In the beginning, we introduced three main principles of environmental psychology, namely: (i) Perception is direct; (ii) perception is for action; and (iii) perception is of affordances [5]. In this article, we used the information theoretic approach to provide a deeper understanding of the last two principles. We argued that there are robust increases in mutual information between successive circuits across the brain during an interaction with the environment, which is due to the increase in joint probability distributions of binary states of neurons, given the knowledge about sensory stimuli and motor tasks (Figure 4). Robust increases in mutual information reflect the increase in certainty in neural circuits about the knowledge of an environmental opportunity for action, also called affordance. In addition, there is an increase in surprise measured by Shannon information, which is the measure of evidence of sensory objects. In combination, as depicted in Figure 5, mutual information and Shannon information are responsible for guiding action. The guidance of action results in perception, as proposed by Gibson [5]. However, this principle, namely perception, is direct, and cannot be directly supported by the theoretical work presented in this paper.
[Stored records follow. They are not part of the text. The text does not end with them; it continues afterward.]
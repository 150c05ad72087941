//! The code of a plan, by the code of its moves.
ghost use Rattle.std.specs.Prelude.{◌≡◌, ◌<◌, ◌≤◌, IfOk};
ghost use Rattle.scratch_machine.specs.CodePlays.{CodePlays};
ghost use Rattle.slot_alloc.specs.Emitted.{code_of};
ghost use Rattle.slot_alloc.specs.PlanCode.{plan_code, plan_moves, CanBeEmitted, IsPlanCode};

use crate::emitter::Emitter;
use crate::moves::plan_moves;
use comp_graph::{Graph, Label, NoMemory};
use normal_steps::Plan;
use pebble_rules::Move;
use scratch_machine::Code;
use std::alloc::Global;

/// The code of a plan, with as many slots as its game has. Input k stands in word k, and each further vertex that is stored takes the
/// next word. A pebble that is placed takes the lowest free slot. `Work(v)` is a load of each missing predecessor in rising number and
/// then the operation of v, `Drop(u)` is no instruction, `Spill(u)` is a store of u, and the finish is a store of each output vertex that
/// is not blue, in rising number. The slot of a vertex that is dropped or spilled is free again. So its runs give the graph's outputs, and
/// the load weight times their loads plus the store weight times their stores is what the plan costs. [`NoMemory`] comes where memory was
/// wanted and not found.
pub fn emit<'g>(alloc: Global, plan: &Plan<'g>) -> Result<Code, NoMemory>
    ensures value { IfOk result (λ code. code ≡ plan_code plan.now) }
    ensures plays { IfOk result (λ code. CodePlays plan.now.game.graph code (plan_moves plan.now)) }
    ensures right { IfOk result (λ code. IsPlanCode plan.now) }
{
    let game = plan.game();
    let moves = plan_moves(alloc, plan)?;
    code_of_moves(alloc, game.graph(), game.slots(), &moves)
}

// The code that plays these moves with this many slots, from 1 to 64. The moves are a complete pebbling from the start that places no
// pebble where one of its colour stands and takes no blue one away.
fn code_of_moves(alloc: Global, graph: &Graph, slots: u16, moves: &[Move]) -> Result<Code, NoMemory>
    requires some { 0 < slots }
    requires few { slots ≤ 64 }
    requires moves { CanBeEmitted graph.now slots moves.now }
    ensures { IfOk result (λ code. code ≡ code_of graph.now slots moves.now) }
{
    let _valid = graph.len();
    let mut emitter = Emitter::begin(alloc, graph, slots);
    for mv in moves {
        emitter.play(graph, *mv)?;
    }
    let inputs = copied(alloc, graph.names())?;
    let outputs = emitter.output_words(alloc, graph.outputs())?;
    let words = emitter.words;
    Ok(Code::new(slots, words, inputs, outputs, emitter.instructions))
}

// Second labels of the same bytes.
fn copied(alloc: Global, labels: &[Label]) -> Result<Vec<Label>, NoMemory>
    ensures { IfOk result (λ copies. copies.items ≡ labels.now) }
{
    let mut copies = Vec::new(alloc);
    for label in labels {
        copies.push(label.copy(alloc)?)?;
    }
    Ok(copies)
}
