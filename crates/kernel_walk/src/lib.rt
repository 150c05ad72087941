//! What each execution of a kernel needs.
//!
//! The values of indices, the elements that places name, the elements that are set, and the walk: the kernel's statements executed
//! without values, which counts the turns and looks at all indices. `specs/Outcomes.antt` has the words in which these calls, and those of
//! the crates above, say what an outcome of the meaning is to a call that may want memory.
#![tactic(auto)]

pub mod counting;
pub mod index;
pub mod numbers;
pub mod place;
pub mod stop;
pub mod walking;
pub mod written;

pub use counting::count;
pub use index::{condition, loop_numbers, turn};
pub use numbers::LoopNumbers;
pub use place::{element_count, locate};
pub use stop::Stop;
pub use walking::walk;
pub use written::Written;
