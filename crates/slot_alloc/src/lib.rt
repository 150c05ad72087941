//! The code of a plan on the scratchpad machine: which slot each red pebble takes and which word each stored vertex, and the laws that
//! such code is right.
#![tactic(auto)]

pub mod code;
mod emitter;
pub mod laws;
pub mod moves;

pub use code::emit;
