//! The elements that places name.
ghost use Rattle.std.specs.Prelude.{◌≡◌, ◌<◌, ◌≤◌, [], ◌∷◌, true, Some, None, IfSome, if◌then◌else◌, unsigned_abs};
ghost use Rattle.std.specs.List.{list_all};
ghost use Rattle.kernel_ast.specs.Machine.{element_count};
ghost use Rattle.kernel_ast.specs.Places as spec;
ghost use Rattle.kernel_ast.specs.WellFormed.{is_size};
ghost use Rattle.kernel_walk.specs.CellsAt.{cell_at};

use crate::index::index_value;
use kernel_ast::{Cell, Fault, Kernel, Place, RunRule};

/// An index value as a number, where it is from 0 to its size less 1.
fn within(i: i64, size: u16) -> Option<u16>
    ensures value { result ≡ (if spec.is_within i size then Some (unsigned_abs i) else None) }
    ensures bound { IfSome result (λ k. k < size) }
{
    if i >= 0 && i < size as i64 {
        Some(i.unsigned_abs() as u16)
    } else {
        None
    }
}

/// The place of an element of m rows of n elements each.
fn row_by_row(m: u16, n: u16, i: i64, j: i64) -> Option<u16>
    requires rows { m ≤ 64 }
    requires columns { n ≤ 64 }
    ensures { result ≡ spec.offset_of (m ∷ n ∷ []) (i ∷ j ∷ []) }
{
    let row = within(i, m)?;
    let column = within(j, n)?;
    Some(row * n + column)
}

/// The place of an element row by row, where it is within the sizes.
fn offset_of(sizes: &[u16], indices: &[i64]) -> Option<u16>
    requires { list_all is_size sizes.now ≡ true }
    ensures { result ≡ spec.offset_of sizes.now indices.now }
{
    match (sizes, indices) {
        ([], []) => Some(0),
        ([m], [i]) => within(*i, *m),
        ([m, n], [i, j]) => row_by_row(*m, *n, *i, *j),
        _ => None,
    }
}

/// The sizes of the declaration of this number, and none where there is no such declaration.
fn sizes_of(kernel: &Kernel, decl: u16) -> &[u16]
    ensures sizes { result.now ≡ spec.sizes_of kernel.now.decls decl }
    ensures small { list_all is_size result.now ≡ true }
{
    match kernel.decls().get_index(decl as usize) {
        Some((_, declaration)) => declaration.sizes.as_slice(),
        None => &[],
    }
}

/// How many elements the declaration of this number has: the product of its sizes, and 1 where it has none.
pub fn element_count(kernel: &Kernel, decl: u16) -> u16
    ensures { result ≡ element_count (spec.sizes_of kernel.now.decls decl) }
{
    match sizes_of(kernel, decl) {
        [] => 1,
        [m] => *m,
        [m, n, ..] => *m * *n,
    }
}

/// The element at these values of the indices of a place.
fn cell_at(kernel: &Kernel, place: &Place, indices: &[i64]) -> Result<Cell, Fault>
    ensures { result ≡ cell_at kernel.now.decls place.now indices.now }
{
    match offset_of(sizes_of(kernel, place.decl), indices) {
        Some(offset) => Ok(Cell {
            decl: place.decl,
            offset,
        }),
        None => Err(RunRule::OutOfRange.at(place.at)),
    }
}

/// The element that a place names, while the open loops stand at `indices`. All indices of the place are evaluated from left to right, and
/// then they are tested.
///
/// # Errors
///
/// Fault 14 at the index where one's value is too big, as [`index_value`] has it. Fault 7 at the place's name, exactly where there is no
/// such fault and an index value is below 0 or not below its size.
pub fn locate(kernel: &Kernel, indices: &[i64], place: &Place) -> Result<Cell, Fault>
    ensures { result ≡ spec.located kernel.now.decls indices.now place.now }
{
    match place.indices.as_slice() {
        [] => cell_at(kernel, place, &[]),
        [i] => {
            let i = index_value(indices, i)?;
            cell_at(kernel, place, &[i])
        }
        [i, j, ..] => {
            let i = index_value(indices, i)?;
            let j = index_value(indices, j)?;
            cell_at(kernel, place, &[i, j])
        }
    }
}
In addition, the theoretical analysis presented in this paper helps draw other important conclusions in understanding the interaction between an organism and the environment. The increase in mutual information also places constraints on how neural circuits in other areas may be activated, which would lead to specific motor responses, optimizing the outcomes of external tasks, needed for survival. Furthermore, mutual information is a symmetrical quantity, which means that if stimulus-biased probability laws increase the certainty of binary states in sensory circuits, it also results in increased certainty in motor circuits at higher hierarchical levels, given the knowledge about the stimulus, which would lead to stimulus-specific motor responses. Additionally, vice versa will also be true, a change in the certainty in motor circuits given the nature of the motor task will change the probability of joint activation of neurons between motor and sensory circuits (Figure 3), which can cause an effect on perception due to the changes in the nature of the motor task.

Another model of perception that uses the information theoretic approach is the free energy minimization model [15,16]. Free energy in this model is an information theoretic quantity, which is the upper bound on surprise. The minimization of free energy also minimizes the surprise. In this model of perception, free energy measurement has access to two components, sensory states, resulting from sensory inputs from an agent (sensory objects), and recognition density that is encoded by neuronal activity and connection strengths in the circuits of the brain. The recognition density is a probabilistic representation of the model causing a particular sensation. By minimizing free energy, the surprise is reduced and the evidence for the sensory object is increased, which leads to perception.